HC Deb 13 May 1977 vol 931 cc1765-6
Mr. Victor Goodhew (St. Albans)

I beg to present a petition to the House containing signatures collected in my constituency. I shall not read the whole preamble, because I wish to save the time of the House, but the main prayer is as follows your humble petitioners pray that your honourable House call upon the Secretary of State for Social Services to promote policies and propose such necessary legislation as will:

  1. (A) Immediately guarantee a right of continued independent mobility to the current invalid tricycle drivers, when the supply of tricycles is exhausted, to allay their great anxiety for the future.
  2. (B) Restore immediately the option of a suitably adapted car or an invalid tricycle to new applicants for mobility assistance under the powers granted to the Secretary of State for Social Services by Section 33 of the Health Services and Public Health Act 1968.
  3. (C) Actively promote projects to design and produce specialised vehicles which will enable an increased number of severely disabled people to enjoy independent mobility
and you yourselves enact the legislation. The petition deals with other matters connected with the mobility of the disabled and concludes: And your petitioners, as in duty bound, will ever pray, etc. To lie upon the Table

Mr, James Kilfedder (Down, North)

With your permission, Mr. Speaker, and that of the House, I beg leave to present, as part of this nationwide campaign, a petition on behalf of the Northern Ireland Disabled Drivers' Association signed by 50,000 Ulster men and women from all parts of the Province.
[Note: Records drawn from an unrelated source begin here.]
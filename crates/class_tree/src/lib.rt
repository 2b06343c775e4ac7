//! The hierarchy of a folder of class files and its library (JVM Specification SE 8, 4.10, 5.3.5): which classes there
//! are, which is above which, and what each declares.
#![tactic(auto)]

mod arrange;
mod base;
mod build;
mod chains;
mod fault;
mod graph;
mod guesses;
mod headers;
mod hierarchy;
mod interfaces;
mod laws;
mod links;
mod list_hints;
mod lists;
mod members;
mod names;
mod order;
mod place;
mod question;
mod rule_text;
mod subtype;
mod super_places;
mod tree;

pub use build::build_tree;
pub use chains::chain;
pub use fault::{LinkFault, LinkRule};
pub use laws::{
    a_folder_is_told_once, a_hierarchy_decides_subtypes, a_tree_is_a_hierarchy,
    alike_classes_have_one_hierarchy, alike_classes_number_members_alike,
    classes_of_a_tree_are_a_hierarchy,
};
pub use members::{MemberKind, members_of};
pub use names::{METHOD_HANDLE, METHOD_TYPE, OBJECT, THROWABLE, machine_throwables};
pub use place::Place;
pub use question::ask;
pub use subtype::{component, innermost, is_above_arrays, is_array, is_below, is_sub, is_subtype};
pub use tree::{ClassFileList, HeaderList, Tree};
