//! The superclasses of a class.
ghost use Rattle.std.specs.Prelude.{IfOk};
ghost use Rattle.class_tree.specs.Headers.{headers_of, IsThere};
ghost use Rattle.class_tree.specs.Subtype.{IsChain};

use crate::tree::Tree;
use class_model::{ListOf, NoMemory, Text, TextList};
use std::alloc::Global;

/// The class of a name and its superclasses, upwards.
pub fn chain(alloc: Global, tree: &Tree, name: &Text) -> Result<TextList, NoMemory>
    requires { IsThere (headers_of tree.now) name.now }
    ensures { IfOk result (λ names. IsChain (headers_of tree.now) name.now names) }
{
    let mut names = ListOf::new(alloc);
    let mut next = tree.find(name.bytes());
    while let Some(place) = next {
        names.push(tree.class_at(place).name.copy()?)?;
        next = tree.superclass(place);
    }
    Ok(names)
}
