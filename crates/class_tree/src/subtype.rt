//! The subtype relation on classes and arrays (JVM Specification SE 8, 4.10.1.2).
ghost use Rattle.std.specs.Prelude.{◌≡◌, ◌↔◌, Some, IfSome, IfNone, IsSome, IsTrue, IsFalse};
ghost use Rattle.class_model.specs.declared.header.Header.{Header};
ghost use Rattle.class_tree.specs.Headers.{Name, Headers, headers_of, class_named};
ghost use Rattle.class_tree.specs.Names as names;
ghost use Rattle.class_tree.specs.Order.{header_at};
ghost use Rattle.class_tree.specs.Subtype.{AreComponents, IsArray, IsReferenceComponent, IsAboveArrays, IsBelow, IsSubtype};
ghost use Rattle.class_tree.specs.Trees.{IsTree};

use crate::names::{CLONEABLE, OBJECT, SERIALIZABLE};
use crate::place::Place;
use crate::tree::Tree;
use class_model::Text;

/// Whether a class or array is below another, or is the same (JVM Specification SE 8, 4.10 and 4.10.1.2). Classes are named, and
/// arrays are their descriptors. It does not allocate.
pub fn is_sub(tree: &Tree, low: &Text, high: &Text) -> bool
    ensures { IsTrue result ↔ IsSubtype (headers_of tree.now) low.now high.now }
{
    is_subtype(tree, low.bytes(), high.bytes())
}

/// The same of names and descriptors as bytes.
pub fn is_subtype(tree: &Tree, low: &[u8], high: &[u8]) -> bool
    ensures { IsTrue result ↔ IsSubtype (headers_of tree.now) low.now high.now }
{
    // no class has the name of an array
    let _ = &tree.folder;
    let (low, high) = innermost(low, high);
    if low == high {
        return true;
    }
    if is_array(low) {
        is_above_arrays(high)
    } else {
        is_below(tree, low, high)
    }
}

/// The components of two arrays, as far as both have one.
pub fn innermost<'a>(low: &'a [u8], high: &'a [u8]) -> (&'a [u8], &'a [u8])
    ensures taken { AreComponents low.now high.now result.0.now result.1.now }
    ensures last { (low_component high_component : Name)
        → IsReferenceComponent result.0.now low_component
        → ¬ IsReferenceComponent result.1.now high_component }
{
    let (mut low, mut high) = (low, high);
    while let (Some(low_component), Some(high_component)) = (component(low), component(high)) {
        low = low_component;
        high = high_component;
    }
    (low, high)
}

/// The component of an array of references: an array, or a class between `L` and `;`.
pub fn component(array: &[u8]) -> Option<&[u8]>
    ensures some { IfSome result (λ component. IsReferenceComponent array.now component.now) }
    ensures none { IfNone result ((component : Name) → ¬ IsReferenceComponent array.now component) }
{
    let component = array.strip_prefix(b"[")?;
    if is_array(component) {
        return Some(component);
    }
    component.strip_prefix(b"L")?.strip_suffix(b";")
}

/// Whether a name is that of an array, which is its descriptor.
pub fn is_array(name: &[u8]) -> bool
    ensures { IsTrue result ↔ IsArray name.now }
{
    name.starts_with(b"[")
}

/// Whether each array is below the class of a name: java/lang/Object, java/lang/Cloneable and java/io/Serializable are.
pub fn is_above_arrays(name: &[u8]) -> bool
    ensures { IsTrue result ↔ IsAboveArrays name.now }
{
    name == OBJECT || name == CLONEABLE || name == SERIALIZABLE
}

/// Whether the class of a name is below another and not the same.
pub fn is_below(tree: &Tree, low: &[u8], high: &[u8]) -> bool
    ensures { IsTrue result ↔ IsBelow (headers_of tree.now) low.now high.now }
{
    let Some(low) = tree.find(low) else {
        return false;
    };
    let Some(high) = tree.find(high) else {
        return false;
    };
    if tree.is_interface(high) {
        has_interface(tree, low, high)
    } else {
        has_superclass(tree, low, high)
    }
}

// Whether an interface is above a class.
fn has_interface(tree: &Tree, class: Place, interface: Place) -> bool
    requires tree { IsTree tree.now }
    requires class { IsSome (header_at (headers_of tree.now) class) }
    ensures { (low high : Header)
        → header_at (headers_of tree.now) class ≡ Some low
        → header_at (headers_of tree.now) interface ≡ Some high
        → IsTrue (names.is_interface high)
        → IsTrue result ↔ IsBelow (headers_of tree.now) low.name high.name }
{
    tree.superinterfaces(class).contains(&interface)
}

// Whether a class is above another that is no interface.
fn has_superclass(tree: &Tree, class: Place, above: Place) -> bool
    requires { IsTree tree.now }
    ensures { (low high : Header)
        → header_at (headers_of tree.now) class ≡ Some low
        → header_at (headers_of tree.now) above ≡ Some high
        → IsFalse (names.is_interface high)
        → IsTrue result ↔ IsBelow (headers_of tree.now) low.name high.name }
{
    let mut next = tree.superclass(class);
    while let Some(place) = next {
        if place == above {
            return true;
        }
        next = tree.superclass(place);
    }
    false
}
The petition is also supported by the Northern Ireland Council for Orthopaedic Development, the Northern Ireland Paraplegic Association, the Northern Ireland Polio Fellowship, the Northern Ireland Spina Bifida Association, the Multiple Sclerosis Action Group and the Muscular Dystrophy Association of Northern Ireland.

The petition is prompted by a statement made by the Secretary of State for Social Services on 23rd July 1976 on mobility policy for the disabled. That statement caused great concern to the disabled in Northern Ireland, because it removes from those who currently have three-wheeler vehicles the assurance of continued independent mobility and condemns many new applicants for mobility assistance to be housebound because of the inadequate level of the mobility allowance.

The petitioners therefore pray that the House will call upon the Secretary of State for Social Services to

  1. (i) Immediately guarantee the right of continued independent mobility to current invalid tricycle drivers when the supply of tricycles is exhausted…
  2. (ii) Offer immediately the option of a suitably adapted car to new applicants for mobility assistance who are able either to drive or to nominate a driver in order that opportunities for education and employment are not lost as a result of applicants being housebound.
  3. (iii) Actively promote projects to design and produce specialised vehicles which will enable an increasing number of severely disabled people to enjoy independent mobility
The petitioners pray that the House will enact the necessary legislation and take all necessary steps with all possible urgency to promote a total policy on mobility which will ensure that a choice is available to severely disabled people between a mobility allowance set at a level which will enable the purchase and maintenance of the mobility appliance that they need, the issue of a specialised vehicle or the issue of a suitably adapted car… And your petitioners, as in duty bound, will ever pray, etc. I regard it as an honour to be identified with this petition, which I present to the House on behalf of the disabled people of Northern Ireland.